> Work to complete: When a line in the entries below contains "GivesBy", tally it; give the tally with nothing added.

※

//! The history that the commits of a bundle make, and the records that it leaves.

ghost use Rattle.std.specs.Prelude.{◌≡◌, [], IfOk, IfSome};
ghost use Rattle.serde_json.specs.View.{items_view, view};
ghost use Rattle.doll_text.specs.Gives.{GivesBy};
ghost use Rattle.doll_keep.specs.Calls.{IsFaultless};
ghost use Rattle.doll_keep.specs.Kept.{MemKept};
ghost use Rattle.doll_records.specs.Histories.{Recorded};
ghost use Rattle.doll_bundle.specs.Commits.{is_untimed, time_in, asked_in, untimed, why_kind, recorded, commit_result, next_reading, readings_behind, commits_from};
ghost use Rattle.doll_journal.specs.Storable.{AreStorable};
ghost use Rattle.doll_bundle.specs.Commits.{GivesHistory};

use doll_commit::Why;
use doll_journal::{Changes, changes_of};
use doll_keep::MemKeeper;
use doll_records::{OpenFault, RecordFault, Records};
use doll_schema::Schema;
use doll_schema::json::{has_only, whole_at};
use doll_text::{Copied, Memory};
use doll_views::{Kind, Refusal, commit_refusal};
use serde_json::Value;
use std::alloc::Global;

/// The author of a bundle's commits.
const AUTHOR: u32 = 0;

/// What a commit of a bundle asks for: its changes, and a time where it says one.
#[derive(Drop)]
struct Asked {
    time: Option<u64>,
    changes: Changes,
}

/// A refused change's reason as the bundle's.
fn why_kind(why: Why) -> Kind
    ensures { result ≡ why_kind why }
{
    match why {
        Why::UnknownModel => Kind::UnknownModel,
        Why::UnknownAttribute => Kind::UnknownAttribute,
        Why::WrongKind => Kind::WrongKind,
        Why::NullRefused => Kind::NullRefused,
        Why::MissingRow => Kind::MissingRow,
        Why::BadParent => Kind::BadParent,
        Why::Restricted => Kind::Restricted,
        Why::IdsEnded => Kind::IdsEnded,
        Why::TooManyChanges => Kind::TooManyChanges,
    }
}

/// Whether a commit says no time.
fn is_untimed(commit: &Value) -> bool
    ensures { result ≡ is_untimed (view commit.now) }
{
    commit.get("at").is_none()
}

/// The time that a commit says, if it says one.
fn time_in(commit: &Value) -> Option<Option<u64>>
    ensures { result ≡ time_in (view commit.now) }
{
    if is_untimed(commit) {
        return Some(None);
    }
    match whole_at(commit, "at") {
        Some(time) => Some(Some(time)),
        None => None,
    }
}

/// What a commit asks for, if it is of the form.
fn asked_in(alloc: Global, commit: &Value) -> Result<Option<Asked>, Memory>
    ensures exact { IfOk result (λ asked. asked ≡ asked_in (view commit.now)) }
    ensures storable { IfOk result (λ asked. IfSome asked (λ form. AreStorable form.changes)) }
{
    if !has_only(commit, &["at", "changes"]) {
        return Ok(None);
    }
    let Some(time) = time_in(commit) else {
        return Ok(None);
    };
    let Some(changes) = commit.get("changes") else {
        return Ok(None);
    };
    match changes_of(alloc, changes)? {
        Some(changes) => Ok(Some(Asked { time, changes })),
        None => Ok(None),
    }
}

/// How many of these commits say no time.
pub fn untimed(commits: &[Value]) -> usize
    ensures { result ≡ untimed (items_view commits.now) }
{
    let mut count = 0;
    let mut rest = commits;
    while let [commit, more @ ..] = rest {
        if is_untimed(commit) {
            count += 1;
        }
        rest = more;
    }
    count
}

/// Records a commit after the others.
#[tactic(auto, using(crate::proofs::Keeping::commit_faultless))]
fn recorded(
    alloc: Global,
    records: &mut Records<MemKeeper>,
    time: u64,
    changes: Changes,
) -> Result<(), Refusal>
    requires storable { AreStorable changes }
    requires faultless { IsFaultless records.old.keeper.plan }
    ensures exact { GivesHistory Refusal.Memory
        (recorded records.old.schema records.old.history time changes)
        records.new.history result }
    ensures schema { records.new.schema ≡ records.old.schema }
    ensures faultless { IsFaultless records.new.keeper.plan }
{
    let number = records.history().len() as u64;
    match records.commit(alloc, AUTHOR, number, changes, time) {
        Ok(_) => Ok(()),
        Err(RecordFault::HistoryFull { .. }) => Err(commit_refusal(number, Kind::HistoryFull)),
        Err(RecordFault::MomentsEnded { .. }) => Err(commit_refusal(number, Kind::MomentsEnded)),
        Err(RecordFault::Refused { why, .. }) => Err(commit_refusal(number, why_kind(why))),
        // The keeper was made to fail at no call.
        Err(RecordFault::Kept) => unreachable!(),
        Err(RecordFault::Memory) => Err(Refusal::Memory),
    }
}

/// Records a commit, if it is of the form; at the clock's reading, where it says no time.
#[tactic(auto, unfolding(crate::specs::Commits::commit_result))]
fn record_next(
    alloc: Global,
    records: &mut Records<MemKeeper>,
    reading: u64,
    commit: &Value,
) -> Result<(), Refusal>
    requires { IsFaultless records.old.keeper.plan }
    ensures exact { GivesHistory Refusal.Memory
        (commit_result records.old.schema records.old.history reading (view commit.now))
        records.new.history result }
    ensures schema { records.new.schema ≡ records.old.schema }
    ensures faultless { IsFaultless records.new.keeper.plan }
{
    match asked_in(alloc, commit)? {
        Some(asked) => {
            let time = asked.time.unwrap_or(reading);
            recorded(alloc, records, time, asked.changes)
        }
        None => Err(commit_refusal(records.history().len() as u64, Kind::BadForm)),
    }
}

/// The next reading, 0 where there is none.
fn next_reading(readings: &[u64]) -> u64
    ensures { result ≡ next_reading readings.now }
{
    match readings {
        [reading, ..] => *reading,
        [] => 0,
    }
}

/// The readings behind a commit, which takes the next one where it says no time.
fn readings_behind<'a>(commit: &Value, readings: &'a [u64]) -> &'a [u64]
    ensures { result.now ≡ readings_behind (view commit.now) readings.now }
{
    if !is_untimed(commit) {
        return readings;
    }
    match readings {
        [_reading, more @ ..] => more,
        [] => readings,
    }
}

/// Records these commits, one after another.
#[tactic(auto, using(crate::proofs::Made::step_goes_on, crate::proofs::Made::step_stops))]
fn record_all(
    alloc: Global,
    records: &mut Records<MemKeeper>,
    readings: &[u64],
    commits: &[Value],
) -> Result<(), Refusal>
    requires { IsFaultless records.old.keeper.plan }
    ensures exact { GivesHistory Refusal.Memory
        (commits_from records.old.schema records.old.history readings.now (items_view commits.now))
        records.new.history result }
    ensures schema { records.new.schema ≡ records.old.schema }
    ensures faultless { IsFaultless records.new.keeper.plan }
{
    let mut rest = commits;
    let mut left = readings;
    while let [commit, more @ ..] = rest {
        record_next(alloc, records, next_reading(left), commit)?;
        left = readings_behind(commit, left);
        rest = more;
    }
    Ok(())
}

/// No records, behind a keeper in memory that fails at no call.
fn no_records(alloc: Global, schema: &Schema) -> Result<Records<MemKeeper>, Memory>
    ensures history { IfOk result (λ records. records.history ≡ []) }
    ensures schema { IfOk result (λ records. records.schema ≡ schema.now) }
    ensures faultless { IfOk result (λ records. IsFaultless records.keeper.plan) }
{
    let keeper = MemKeeper::new(alloc, Vec::new(alloc), None);
    match Records::open(alloc, keeper, schema.copy(alloc)?) {
        Ok(records) => Ok(records),
        Err(refusal) => match refusal.fault {
            OpenFault::Memory => Err(Memory),
            // It fails at no call, and keeps no item that could have a fault.
            _ => unreachable!(),
        },
    }
}

/// The history of these commits, made one after another, behind a keeper that fails at no call.
pub fn records_after(
    alloc: Global,
    schema: &Schema,
    readings: &[u64],
    commits: &[Value],
) -> Result<Records<MemKeeper>, Refusal>
    ensures exact { GivesBy (λ (records : Recorded MemKept). records.history) Refusal.Memory
        (commits_from schema.now [] readings.now (items_view commits.now)) result }
    ensures schema { IfOk result (λ records. records.schema ≡ schema.now) }
    ensures faultless { IfOk result (λ records. IsFaultless records.keeper.plan) }
{
    let mut records = no_records(alloc, schema)?;
    record_all(alloc, &mut records, readings, commits)?;
    Ok(records)
}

※

> Exercise solution: 2